Sometimes, characters have a life of their own…

I’m trucking away on book 2 of The Star Hunters trilogy. It’s going pretty well, though I did hit a few snags here and there, most recently due to confusing myself with timeline issues. Solved that by getting wild and crazy with a bunch of post-it notes and some wall space. And honestly, after using 8 different colors for different character timelines and a 9th color for random thoughts and detail ideas, I don’t feel too bad about getting stuck where I did. There was a lot of crap going down!

But even after jotting down all the major plot points and character reactions, sitting down to write the actual chapters has resulted in a few twists and turns that I did not see coming. I tend to go with the flow of those since they often lead to a more natural scene break or point of view switch than I had planned, which in turn leads to an alternate perception of events. Lance and Lissa see things differently, and a scene that started out from one character’s perspective gets a pretty different flavor when the other one takes over.

Such is how it went today. One chapter became two chapters, and when the point of view changed, the ending of the second one became a lot grimmer.

I’ve learned to let my characters and chapters do that if they need to.
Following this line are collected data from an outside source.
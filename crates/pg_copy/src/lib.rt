//! Conversion between PostgreSQL's binary COPY and the text format of COPY.
//!
//! [`read::read`] converts a binary COPY to lines of text, and [`write::write`] lines of text to a
//! binary COPY, both in blocks. Values go through the conversions of `postgres_types` and the texts
//! of `pg_text`. [`arguments`] reads the command line of the programs that do it.
#![tactic(auto)]

pub mod arguments;
pub mod columns;
pub mod copy_fault;
mod escapes;
pub mod laws;
mod parse;
pub mod read;
mod show;
mod type_names;
pub mod types;
pub mod write;
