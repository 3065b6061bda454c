//! The names of types, as PostgreSQL prints them (`format_type`).
ghost use Rattle.std.specs.Prelude.{◌≡◌, ◌+◌, ◌<◌, ◌^◌, ◌∷◌, IfNone, IfOk, false, option_map, string_bytes};
ghost use Rattle.std.specs.Str.{trim, trim_start};
ghost use Rattle.pg_copy.specs.TypeNames.{IsTypeText, between, is_modifier, plain_type, type_named};
ghost use Rattle.pg_copy.specs.TypeNames.{without_modifier, without_schema};
ghost use Rattle.pg_copy.specs.Words.{IsCommaOf, after_name, after_quotes, after_space, depth_after, divides};
ghost use Rattle.pg_copy.specs.Words.{is_quoted_after, pieces, pieces_of_rest};

use crate::types::Base;
use std::alloc::{AllocError, Global};

/// A type as it is written: a name, or the fields of a composite type, followed by `[]` for an
/// array.
#[derive(Debug, Clone, Copy)]
pub struct TypeName<'a> {
    /// The name, or the fields in parentheses.
    pub name: &'a str,
    /// Whether it is an array type, for any number of dimensions.
    pub is_array: bool,
}

impl<'a> TypeName<'a> {
    /// Splits the text of a type into its parts.
    pub fn parse(text: &'a str) -> TypeName<'a>
        ensures { IsTypeText result.name.now result.is_array (trim text.now) }
    {
        let mut name = text.trim();
        let mut is_array = false;
        while let Some(before) = name.strip_suffix("[]") {
            name = before.trim_end();
            is_array = true;
        }
        TypeName { name, is_array }
    }

    /// Returns the fields of a composite type, without the parentheses, or `None` for a name.
    pub fn fields(&self) -> Option<&'a str>
        ensures { option_map (λ s. s.now) result ≡ between 40 41 self.now.name.now }
    {
        self.name.strip_prefix('(')?.strip_suffix(')')
    }

    /// Returns the type with this name, or `None` if it has no conversion.
    pub fn base(&self, alloc: Global) -> Result<Option<Base>, AllocError>
        ensures { IfOk result (λ base. base ≡ type_named self.now.name.now) }
    {
        let Some(mut name) = without_modifier(alloc, self.name)? else {
            return Ok(None);
        };
        name.make_ascii_lowercase();
        Ok(base_of(without_schema(name.as_str())))
    }
}

/// Returns the type with this name, which is in lower case, without a schema or a modifier.
fn base_of(name: &str) -> Option<Base>
    ensures { result ≡ plain_type name.now }
{
    // The name may have fields, like `interval day to second`.
    if name.starts_with("interval ") {
        return Some(Base::Interval);
    }
    match Base::parse(name) {
        Some(base) => Some(base),
        // "bit" is quoted if it has no modifier.
        None => Base::parse(unquoted(name)?),
    }
}

/// Returns the name without its schema.
fn without_schema(name: &str) -> &str
    ensures { result.now ≡ without_schema name.now }
{
    match name.rsplit_once('.') {
        Some((_, name)) => name,
        None => name,
    }
}

/// Returns the name without its quotes.
fn unquoted(name: &str) -> Option<&str>
    ensures { option_map (λ s. s.now) result ≡ between 34 34 name.now }
{
    name.strip_prefix('"')?.strip_suffix('"')
}

/// Returns the name without the modifier in parentheses, like that of
/// `timestamp(3) with time zone`; `None` if a parenthesis is not closed, or has no modifier in it.
fn without_modifier(alloc: Global, name: &str) -> Result<Option<String>, AllocError>
    ensures { IfOk result (λ plain. option_map string_bytes plain ≡ without_modifier name.now) }
{
    let Some((before, rest)) = name.split_once('(') else {
        return Ok(Some(String::from_str(alloc, name)?));
    };
    let Some((modifier, after)) = rest.split_once(')') else {
        return Ok(None);
    };
    if !is_modifier(modifier) {
        return Ok(None);
    }
    let mut plain = String::from_str(alloc, before.trim_end())?;
    plain.push_str(after)?;
    Ok(Some(plain))
}

/// Whether the text may be a modifier, like that of `numeric(4,-2)`.
fn is_modifier(text: &str) -> bool
    ensures { result ≡ is_modifier text.now }
{
    let mut bytes = text.as_bytes().iter();
    bytes.all(|byte| byte.is_ascii_digit() || matches!(byte, b'-' | b',' | b' '))
}

/// Returns the text before the first comma that is outside parentheses and double quotes, and the
/// text after it.
pub fn split_at_comma(text: &str) -> (&str, Option<&str>)
    ensures parts { pieces text.now ≡ result.0.now ∷ pieces_of_rest result.1 }
    ensures whole { IfNone result.1 (result.0.now ≡ text.now) }
{
    match comma_of(text.as_bytes()) {
        Some(place) => (&text[..place], Some(&text[place + 1..])),
        None => (text, None),
    }
}

/// Returns the place of the first comma that is outside parentheses and double quotes.
fn comma_of(text: &[u8]) -> Option<usize>
    ensures { IsCommaOf text.now result }
{
    let mut depth: usize = 0;
    let mut is_quoted = false;
    'bytes: for (place, byte) in text.iter().enumerate() {
        if divides(*byte, depth, is_quoted) {
            return Some(place);
        }
        depth = depth_after(*byte, depth, is_quoted);
        is_quoted = is_quoted_after(*byte, is_quoted);
    }
    None
}

/// Whether the byte is a comma outside parentheses and double quotes.
fn divides(byte: u8, depth: usize, is_quoted: bool) -> bool
    ensures { result ≡ divides byte depth is_quoted }
{
    byte == b',' && depth == 0 && !is_quoted
}

/// Returns within how many parentheses the text after a byte is.
fn depth_after(byte: u8, depth: usize, is_quoted: bool) -> usize
    requires { depth + 1 < 2 ^ 64 }
    ensures { result ≡ depth_after byte depth is_quoted }
{
    match byte {
        b'(' if !is_quoted => depth + 1,
        b')' if !is_quoted => depth.saturating_sub(1),
        _ => depth,
    }
}

/// Whether the text after a byte is within double quotes.
fn is_quoted_after(byte: u8, is_quoted: bool) -> bool
    ensures { result ≡ is_quoted_after byte is_quoted }
{
    if byte == b'"' { !is_quoted } else { is_quoted }
}

/// Returns the text after the name of a field of a composite type, which is in double quotes or
/// ends at a space; `None` if there is none.
pub fn after_field_name(field: &str) -> Option<&str>
    ensures { option_map (λ s. s.now) result ≡ after_name (trim_start field.now) }
{
    let field = field.trim_start();
    match field.strip_prefix('"') {
        Some(quoted) => after_quotes(quoted),
        None => after_space(field),
    }
}

/// Returns the text after the first space.
fn after_space(text: &str) -> Option<&str>
    ensures { option_map (λ s. s.now) result ≡ after_space text.now }
{
    let (_, after) = text.split_once(' ')?;
    Some(after)
}

/// Returns the text after the quote that ends a name, in which two quotes are one.
fn after_quotes(text: &str) -> Option<&str>
    ensures { option_map (λ s. s.now) result ≡ after_quotes false text.now }
{
    let mut quoted = text;
    while let Some((_, after)) = quoted.split_once('"') {
        match after.strip_prefix('"') {
            Some(rest) => quoted = rest,
            None => return Some(after),
        }
    }
    None
}
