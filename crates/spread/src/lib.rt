// The spread (the paper's reach): from a start over sets of adjacent nodes, in rounds, until one adds no node. It knows no network and no edge.
#![tactic(auto)]

ghost use Rattle.std.specs.Prelude.{◌↔◌, ℕ};
ghost use Rattle.bitset.specs.Members.{◌∈◌};
ghost use Rattle.spread.specs.Spread.{AdjacentTo, Reached};

use node_set::{NODES, NodeSet, NodeWord};
use sets::BitSet;

// The nodes that are adjacent to one of the set.
fn adjacent_to(adjacent: &[NodeWord; NODES], nodes: NodeSet) -> NodeSet
    ensures { (w : ℕ) → (w ∈ result.0) ↔ AdjacentTo adjacent.now nodes.0 w }
{
    let mut beside = NodeSet::empty();
    for v in nodes.members() {
        let row = adjacent[v as usize];
        beside = beside.union(NodeSet(row));
    }
    beside
}

// What the start reaches by going from nodes to adjacent nodes inside the set. A round goes on from the nodes that the last one found,
// and the loop's break yields the set when one finds none (docs/DECISIONS.md, "Forms of 01").
pub fn reach(adjacent: &[NodeWord; NODES], within: NodeSet, start: NodeSet) -> NodeSet
    ensures { Reached adjacent.now within.0 start.0 result.0 }
{
    let mut spread = start;
    let mut fresh = start;
    loop {
        let beside = adjacent_to(adjacent, fresh);
        let inside = beside.intersection(within);
        let found = inside.difference(spread);
        if found.is_empty() {
            break spread;
        }
        spread = spread.union(found);
        fresh = found;
    }
}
Yes, I’m the writer, and I have absolute control, but I still find myself breaking off in the middle of a scene to consider a possibility that did not come up in the planning stage, simply because I realize that a character might not have actually reacted this way, or a peripheral character may have had more of an impact than I could fit on a post-it note. Often, I find that this works out for the better, even if I have to rethink some later ideas, and even if it turns out to be total crap, that’s what revisions are for.

I’ve found that trying to ignore these twists and turns tends to lead to bad writing, or even just no writing, period. There may be writers out there who can plow straight through their pre-planned ideas and never run into these snags, but in my experience, I’ve found that it’s better for me to just let go.

Sometimes, you have to sit back, and let events unfold as your characters see fit.